Большой ум должен ослеплять, а не тускло поблескивать в ночи, как бутылочное горлышко в свете луны. Так думала моя мать. И в их любовном треугольнике – он, она и ее амбиции – он оказался третьим лишним.
Красавица и калькулятор.
И каждый вечер, стоя на балконе, завернувшись в плед, докуривая сигарету, бросая бычок в темноту, она говорила себе: «Сама виновата».
* * *
Мое рождение немного изменило схему их отношений.
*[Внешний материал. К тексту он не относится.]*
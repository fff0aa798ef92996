//! The columns that procedures test with `=`, and those that are indexed.

use crate::cases::ensure_at;
use mv_accept::accept::accept;
use mv_compile::compile::compile;
use mv_script::columns::indexed_columns;
use mv_script::script::CompiledScript;
use mv_values::calls::Options;
use mv_values::list::List;
use mv_values::tested::Tested;
use std::alloc::Global;
use std::test::Fail;

const SCRIPT: &str = "CREATE TABLE acc (id INT, bal INT, owner TEXT(5), PRIMARY KEY (id));
CREATE TABLE pays (a INT, n INT, amount INT, PRIMARY KEY (a, n));
CREATE PROCEDURE none () BEGIN UPDATE acc SET bal = 1 WHERE id > 2; END;
CREATE PROCEDURE some (:a INT) DECLARE :n = 0; BEGIN
  SELECT n INTO :n FROM pays WHERE n = 3 AND a >= 1 AND n = 4;
  FOR :r IN SELECT id FROM acc WHERE bal = 7 DO
    IF :n = 2 THEN DELETE FROM pays WHERE a = :r.id AND n = 2; END IF;
  END FOR;
  UPDATE acc SET bal = 0 WHERE owner = 'x' AND bal = :a;
END;
";

/// The columns of each procedure, each with the number of its table.
const TESTED: &[&[(u8, u8)]] = &[&[], &[(1, 1), (0, 1), (1, 0), (0, 2)]];

fn are_these(tested: &[Tested], columns: &[(u8, u8)]) -> bool {
    tested.len() == columns.len()
        && tested.iter().zip(columns).all(|(one, (table, column))| one.table == *table
            && one.column == *column)
}

#[test]
fn each_column_that_is_tested_is_told_once(rt: HostRuntime) -> Result<(), Fail> {
    let alloc = rt.alloc();
    let program = accept(alloc, SCRIPT.as_bytes()).or(Err("refused"))?;
    let graphs = compile(alloc, &program.resolved)?;
    for (i, graph) in graphs.as_slice().iter().enumerate() {
        let is_told = match TESTED.get(i) {
            Some(columns) => are_these(graph.tested(), columns),
            None => false,
        };
        ensure_at(alloc, is_told, i)?;
    }
    Ok(())
}

/// Scripts, and the columns of each that are indexed. The first one tests no column but the first of a key. The others
/// delete parents whose children are found by an index, by their key, or not at all.
const INDEXED: &[(&str, &[(u8, u8)])] = &[
    (
        "CREATE TABLE acc (id INT, bal INT, PRIMARY KEY (id));
CREATE PROCEDURE p (:a INT) BEGIN UPDATE acc SET bal = 1 WHERE id = :a; END;
",
        &[],
    ),
    (SCRIPT, &[(1, 1), (0, 1), (0, 2)]),
    (
        "CREATE TABLE acc (id INT, up INT REFERENCES acc, PRIMARY KEY (id));
CREATE TABLE pays (a INT, n INT REFERENCES acc, tag INT, PRIMARY KEY (a, n));
CREATE TABLE own (a INT REFERENCES acc, n INT, PRIMARY KEY (a, n));
CREATE PROCEDURE p () BEGIN UPDATE pays SET tag = 2 WHERE tag = 1; END;
CREATE PROCEDURE d (:a INT) BEGIN IF :a > 0 THEN DELETE FROM acc WHERE id = :a; END IF; END;
CREATE PROCEDURE q () BEGIN UPDATE pays SET tag = 1 WHERE n = 1; END;
",
        &[(1, 2), (0, 1), (1, 1)],
    ),
    (
        "CREATE TABLE acc (id INT, PRIMARY KEY (id));
CREATE TABLE pays (a INT, n INT REFERENCES acc, PRIMARY KEY (a, n));
CREATE PROCEDURE d (:a INT) BEGIN DELETE FROM pays WHERE a = :a; END;
",
        &[],
    ),
];

fn indexed(alloc: Global, text: &str) -> Result<List<Tested>, Fail> {
    let program = accept(alloc, text.as_bytes()).or(Err("refused"))?;
    let script = CompiledScript {
        graphs: compile(alloc, &program.resolved)?,
        calls: List::new(alloc),
        opening: program.opening,
        options: Options {
            rounds: 0,
            horizon: None,
        },
    };
    Ok(indexed_columns(alloc, &script)?)
}

#[test]
fn columns_by_which_rows_are_looked_up_are_indexed(rt: HostRuntime) -> Result<(), Fail> {
    let alloc = rt.alloc();
    for (i, (text, columns)) in INDEXED.iter().enumerate() {
        let all = indexed(alloc, text)?;
        ensure_at(alloc, are_these(all.as_slice(), columns), i)?;
    }
    Ok(())
}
Мать перестала злиться на отца – и раздражение сменилось равнодушием. Женой гения она так и не стала и теперь хотела быть матерью гения. Амбиции ее всегда опережали время – и логику. Уже в четыре года меня отдали в музыкальную школу – по классу фортепиано.
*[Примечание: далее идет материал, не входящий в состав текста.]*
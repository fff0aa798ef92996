//! The changes of commits: how they are made at a commit, kept since the oldest live start, and tried on a call's
//! records.
#![tactic(auto)]

pub mod changes;
mod columns;
pub mod commit;
pub mod hit;
pub mod recent;
pub mod validate;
«Ты будешь новым Шопеном», – шептала она, укладывая меня спать.
Но через два года клавишных пыток выяснилось, что особых музыкальных данных у меня нет – и все, на что я способен, это читать партитуры, запоминать последовательность нот, но не играть их.
Тогда мама отвела меня в секцию плавания. «Ты будешь олимпийским чемпионом». На третий день я чуть не утонул в бассейне.
К десяти годам я числился во всех возможных школах, кружках и секциях – включая кружок оригами и школу дрессировщиков перуанских альпак при цирковом училище[1]. И везде я был не к месту – как римский сестерций в горсти советских рублей.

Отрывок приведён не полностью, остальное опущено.